== Source material

// The plain map as a program: plain and slow, so that a reader can compare it with its definition line by line.
ghost use Rattle.std.specs.Prelude.{◌≡◌, ℕ, ◌<◌, ◌≤◌, ◌^◌, [], length, vec_len, filter, nat_eq, IfOk, IfErr, OnOk, OnErr, option_copied, if◌then◌else◌};
ghost use Rattle.std.specs.List.{list_any, starts_with, insert};
ghost use Rattle.std.specs.Str.{bytes_eq};
ghost use Rattle.std.specs.Ordering.{nat_cmp};
ghost use Rattle.std.specs.Cmp.Lexicographic.{slice_cmp};
ghost use Rattle.std.specs.FinMap as map;
ghost use Rattle.cache_model.specs.Plain.{is_visible, until_of, sees, sees_value, visible_entry, visible_keys, put_now, removes, plain_after, plain_reply, found};
ghost use Rattle.cache_model.specs.PlainCache.{plain_with, count_below};
ghost use Rattle.cache_model.specs.Commands.{IsLifespan, IsCommand};
ghost use Rattle.cache_model.specs.declared.faults.ModelFault.TheVariants.{Memory};
ghost use Rattle.cache_model.specs.declared.commands.Command.TheVariants.{At, PutAbsent, Replace, ReplaceIf, Remove, RemoveIf, Clear, Export};
ghost use Rattle.cache_model.specs.declared.replies.Reply.TheVariants.{Differs, Nothing, Yes, No};

use crate::{Command, Entry, Key, KeyList, Lifespan, ModelFault, Prefix, Reply, Until, Value};
use std::alloc::Global;
use std::marker::Model;

/// The plain map and the session's moment. It's slow: each call goes over all entries.
#[derive(Debug, Drop)]
pub struct PlainCache {
    entries: Vec<(Key, Entry)>,
    moment: u64,
}

impl Model for PlainCache {
    ghost use Rattle.std.specs.Prelude.{ℕ, ◌<◌, ◌^◌, IsTrue};
    ghost use Rattle.std.specs.Ordering.{nat_cmp};
    ghost use Rattle.std.specs.Cmp.Lexicographic.{slice_cmp};
    ghost use Rattle.std.specs.FinMap.{is_sorted, from_sorted};
    ghost use Rattle.cache_model.specs.Plain.{Plain};
    ghost use Rattle.cache_model.specs.PlainCache.{plain_code};

    ghost Value = { Plain };

    ghost coded = { plain_code };

    ghost view = { λ cache. record { entries = from_sorted cache.entries.items; moment = cache.moment } };

    ghost invariant = { λ cache. IsTrue (is_sorted (slice_cmp nat_cmp) cache.entries.items) × (cache.moment < 2 ^ 61) };
}

/// Whether an entry that ends so is visible at a moment.
fn is_visible(until: Until, moment: u64) -> bool
    ensures { result ≡ is_visible until moment }
{
    match until {
        Until::Never => true,
        Until::At(end) => moment < end,
    }
}

/// When an entry ends that is put at a moment.
fn until_of(moment: u64, lifespan: Lifespan) -> Until
    requires moment { moment < 2 ^ 61 }
    requires lifespan { IsLifespan lifespan }
    ensures { result ≡ until_of moment lifespan }
{
    match lifespan {
        Lifespan::Endless => Until::Never,
        Lifespan::Of(units) => Until::At(moment + units),
    }
}

/// The entry under a key, whether it is visible or not.
fn find<'a>(entries: &'a [(Key, Entry)], key: &Key) -> Option<&'a Entry>
    ensures { option_copied result ≡ map.find (slice_cmp nat_cmp) key.now entries.now }
{
    for (other, entry) in entries {
        if key.bytes() == other.bytes() {
            return Some(entry);
        }
    }
    None
}

/// How many entries stand before the place of a key.
fn place(entries: &[(Key, Entry)], key: &Key) -> usize
    ensures { result ≡ count_below key.now entries.now }
{
    let mut at = 0;
    while at < entries.len() && key.bytes().cmp(entries[at].0.bytes()).is_gt() {
        at += 1;
    }
    at
}

/// Whether a key is among these.
fn is_among(keys: &[Key], key: &Key) -> bool
    ensures { result ≡ list_any (bytes_eq key.now) keys.now }
{
    keys.iter().any(|other| key.bytes() == other.bytes())
}

/// Puts an entry in front of the one at a place, or at the end.
fn insert_entry(
    entries: &mut Vec<(Key, Entry)>,
    at: usize,
    key: Key,
    entry: Entry,
) -> Result<(), ModelFault>
    requires { at ≤ vec_len entries.old }
    ensures put { OnOk result (entries.new.items ≡ insert entries.old.items at (key, entry)) }
    ensures left { OnErr result (entries.new.items ≡ entries.old.items) }
    ensures memory { IfErr result (λ fault. fault ≡ Memory) }
{
    match entries.insert(at, (key, entry)) {
        Ok(()) => Ok(()),
        Err(_) => Err(ModelFault::Memory),
    }
}

/// Puts an entry in its place, where one under the same key gives way.
fn put_entry(entries: &mut Vec<(Key, Entry)>, key: Key, entry: Entry) -> Result<(), ModelFault>
    ensures put { OnOk result (entries.new.items ≡ map.put (slice_cmp nat_cmp) key entry entries.old.items) }
    ensures left { OnErr result (entries.new.items ≡ entries.old.items) }
    ensures memory { IfErr result (λ fault. fault ≡ Memory) }
{
    let at = place(entries, &key);
    if at < entries.len() && key.bytes() == entries[at].0.bytes() {
        entries[at].1 = entry;
        return Ok(());
    }
    insert_entry(entries, at, key, entry)
}

/// How many of these keys begin with a prefix.
fn count_admitted(keys: &[Key], publish: &Prefix) -> usize
    ensures { result ≡ length (filter (λ key. starts_with nat_eq key publish.now) keys.now) }
{
    keys.iter()
        .filter(|key| key.bytes().starts_with(publish.bytes()))
        .count()
}

impl PlainCache {
    ghost use Rattle.cache_model.specs.Plain.{Plain};

    /// An empty map at a moment.
    pub fn new(alloc: Global, moment: u64) -> PlainCache
        requires { moment < 2 ^ 61 }
        ensures { result ≡ record { entries = map.empty; moment = moment } }
    {
        PlainCache {
            entries: Vec::new(alloc),
            moment,
        }
    }

    /// The entry of a key, where it is visible.
    pub fn visible_entry(&self, key: &Key) -> Option<&Entry>
        ensures { option_copied result ≡ visible_entry self.now key.now }
    {
        let entry = find(&self.entries, key)?;
        if is_visible(entry.until, self.moment) {
            Some(entry)
        } else {
            None
        }
    }

    /// The visible keys, in the order of their bytes.
    pub fn visible_keys(&self) -> Result<KeyList, ModelFault>
        ensures keys { IfOk result (λ keys. keys ≡ visible_keys self.now) }
        ensures memory { IfErr result (λ fault. fault ≡ Memory) }
    {
        let mut keys = KeyList::new(*self.entries.allocator());
        for (key, entry) in &self.entries {
            if is_visible(entry.until, self.moment) {
                keys.push(key.copy()?)?;
            }
        }
        Ok(keys)
    }

    /// Does a command. `None` is answered where the plain map doesn't say what the reply is.
    pub fn step(&mut self, publish: &Prefix, command: Command) -> Result<Option<Reply>, ModelFault>
        requires { IsCommand command }
        ensures done { OnOk result (self.new ≡ plain_after self.old command) }
        ensures reply { IfOk result (λ reply. reply ≡ plain_reply publish.now self.old command) }
        ensures left { OnErr result (self.new ≡ self.old) }
        ensures memory { IfErr result (λ fault. fault ≡ Memory) }
    {
        match command {
            Command::At(moment) => Ok(Some(self.at(moment))),
            Command::Put(key, value, lifespan) => {
                self.put(key, value, lifespan)?;
                Ok(Some(Reply::Done))
            }
            Command::PutAbsent(key, value, lifespan) => {
                Ok(Some(self.put_absent(key, value, lifespan)?))
            }
            Command::Replace(key, value, lifespan) => {
                Ok(Some(self.replace(key, value, lifespan)?))
            }
            Command::ReplaceIf(key, old, value, lifespan) => {
                Ok(Some(self.replace_if(key, &old, value, lifespan)?))
            }
            Command::Get(key) => Ok(Some(self.get(&key)?)),
            Command::Has(key) => Ok(Some(self.has(&key))),
            Command::Remove(key) => Ok(Some(self.remove(key))),
            Command::RemoveIf(key, old) => Ok(Some(self.remove_if(key, &old))),
            Command::Size => Ok(Some(Reply::Size(self.visible_keys()?.keys().len() as u64))),
            Command::Keys => Ok(Some(Reply::Keys(self.visible_keys()?))),
            Command::Clear => Ok(Some(self.clear()?)),
            Command::Export => Ok(Some(self.export(publish)?)),
            Command::Evict(_) | Command::Sync => Ok(Some(Reply::Done)),
            Command::CompactAll => Ok(Some(Reply::Compacted)),
            Command::Stop => Ok(Some(Reply::Stopped)),
            Command::Halt => Ok(Some(Reply::Halted)),
            Command::Step(_) | Command::CompactFile(_) | Command::Stats => Ok(None),
        }
    }

    fn sees(&self, key: &Key) -> bool
        ensures { result ≡ sees self.now key.now }
    {
        self.visible_entry(key).is_some()
    }

    fn sees_value(&self, key: &Key, value: &Value) -> bool
        ensures { result ≡ sees_value self.now key.now value.now }
    {
        match self.visible_entry(key) {
            Some(entry) => entry.value.bytes() == value.bytes(),
            None => false,
        }
    }

    fn at(&mut self, moment: u64) -> Reply
        requires { moment < 2 ^ 61 }
        ensures done { self.new ≡ plain_after self.old (At moment) }
        ensures reply { Some result ≡ plain_reply [] self.old (At moment) }
    {
        if moment < self.moment {
            return Reply::Past(self.moment);
        }
        self.moment = moment;
        Reply::Done
    }

    fn put(&mut self, key: Key, value: Value, lifespan: Lifespan) -> Result<(), ModelFault>
        requires { IsLifespan lifespan }
        ensures done { OnOk result (self.new ≡ plain_with self.old (put_now self.old key value lifespan)) }
        ensures left { OnErr result (self.new ≡ self.old) }
        ensures memory { IfErr result (λ fault. fault ≡ Memory) }
    {
        let until = until_of(self.moment, lifespan);
        put_entry(&mut self.entries, key, Entry { value, until })
    }

    fn put_absent(
        &mut self,
        key: Key,
        value: Value,
        lifespan: Lifespan,
    ) -> Result<Reply, ModelFault>
        requires { IsLifespan lifespan }
        ensures done { OnOk result (self.new ≡ plain_after self.old (PutAbsent key value lifespan)) }
        ensures reply { IfOk result (λ reply. Some reply ≡ plain_reply [] self.old (PutAbsent key value lifespan)) }
        ensures left { OnErr result (self.new ≡ self.old) }
        ensures memory { IfErr result (λ fault. fault ≡ Memory) }
    {
        if self.sees(&key) {
            return Ok(Reply::Kept);
        }
        self.put(key, value, lifespan)?;
        Ok(Reply::Done)
    }

    fn replace(&mut self, key: Key, value: Value, lifespan: Lifespan) -> Result<Reply, ModelFault>
        requires { IsLifespan lifespan }
        ensures done { OnOk result (self.new ≡ plain_after self.old (Replace key value lifespan)) }
        ensures reply { IfOk result (λ reply. Some reply ≡ plain_reply [] self.old (Replace key value lifespan)) }
        ensures left { OnErr result (self.new ≡ self.old) }
        ensures memory { IfErr result (λ fault. fault ≡ Memory) }
    {
        if !self.sees(&key) {
            return Ok(Reply::Nothing);
        }
        self.put(key, value, lifespan)?;
        Ok(Reply::Done)
    }

    fn replace_if(
        &mut self,
        key: Key,
        old: &Value,
        value: Value,
        lifespan: Lifespan,
    ) -> Result<Reply, ModelFault>
        requires { IsLifespan lifespan }
        ensures done { OnOk result (self.new ≡ plain_after self.old (ReplaceIf key old.now value lifespan)) }
        ensures reply { IfOk result (λ reply. Some reply ≡ plain_reply [] self.old (ReplaceIf key old.now value lifespan)) }
        ensures left { OnErr result (self.new ≡ self.old) }
        ensures memory { IfErr result (λ fault. fault ≡ Memory) }
    {
        if !self.sees_value(&key, old) {
            return Ok(self.refusal(&key));
        }
        self.put(key, value, lifespan)?;
        Ok(Reply::Done)
    }

    /// The reply where a key hasn't the value that is wanted.
    fn refusal(&self, key: &Key) -> Reply
        ensures { result ≡ (if sees self.now key.now then Differs else Nothing) }
    {
        if self.sees(key) {
            Reply::Differs
        } else {
            Reply::Nothing
        }
    }

    fn get(&self, key: &Key) -> Result<Reply, ModelFault>
        ensures reply { IfOk result (λ reply. reply ≡ found (visible_entry self.now key.now)) }
        ensures memory { IfErr result (λ fault. fault ≡ Memory) }
    {
        match self.visible_entry(key) {
            Some(entry) => Ok(Reply::Found(entry.value.copy()?)),
            None => Ok(Reply::Nothing),
        }
    }

    fn has(&self, key: &Key) -> Reply
        ensures { result ≡ (if sees self.now key.now then Yes else No) }
    {
        if self.sees(key) {
            Reply::Yes
        } else {
            Reply::No
        }
    }

    /// Takes the entries of these keys away.
    fn remove_keys(&mut self, keys: &[Key])
        ensures { self.new ≡ plain_with self.old (removes keys.now) }
    {
        self.entries.retain(|entry| !is_among(keys, &entry.0));
    }

    fn remove(&mut self, key: Key) -> Reply
        ensures done { self.new ≡ plain_after self.old (Remove key) }
        ensures reply { Some result ≡ plain_reply [] self.old (Remove key) }
    {
        if !self.sees(&key) {
            return Reply::Nothing;
        }
        self.remove_keys(&[key]);
        Reply::Done
    }

    fn remove_if(&mut self, key: Key, old: &Value) -> Reply
        ensures done { self.new ≡ plain_after self.old (RemoveIf key old.now) }
        ensures reply { Some result ≡ plain_reply [] self.old (RemoveIf key old.now) }
    {
        if !self.sees_value(&key, old) {
            return self.refusal(&key);
        }
        self.remove_keys(&[key]);
        Reply::Done
    }

    fn clear(&mut self) -> Result<Reply, ModelFault>
        ensures done { OnOk result (self.new ≡ plain_after self.old Clear) }
        ensures reply { IfOk result (λ reply. Some reply ≡ plain_reply [] self.old Clear) }
        ensures left { OnErr result (self.new ≡ self.old) }
        ensures memory { IfErr result (λ fault. fault ≡ Memory) }
    {
        let keys = self.visible_keys()?;
        self.remove_keys(keys.keys());
        Ok(Reply::Cleared(keys.keys().len() as u64))
    }

    fn export(&self, publish: &Prefix) -> Result<Reply, ModelFault>
        ensures reply { IfOk result (λ reply. Some reply ≡ plain_reply publish.now self.now Export) }
        ensures memory { IfErr result (λ fault. fault ≡ Memory) }
    {
        let keys = self.visible_keys()?;
        Ok(Reply::Exported(count_admitted(keys.keys(), publish) as u64))
    }
}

====

Check each line of the records for "declared" and copy the ones that contain it.

ghost use Rattle.cache_model.specs.declared.faults.ModelFault.TheVariants.{Memory};
ghost use Rattle.cache_model.specs.declared.commands.Command.TheVariants.{At, PutAbsent, Replace, ReplaceIf, Remove, RemoveIf, Clear, Export};
ghost use Rattle.cache_model.specs.declared.replies.Reply.TheVariants.{Differs, Nothing, Yes, No};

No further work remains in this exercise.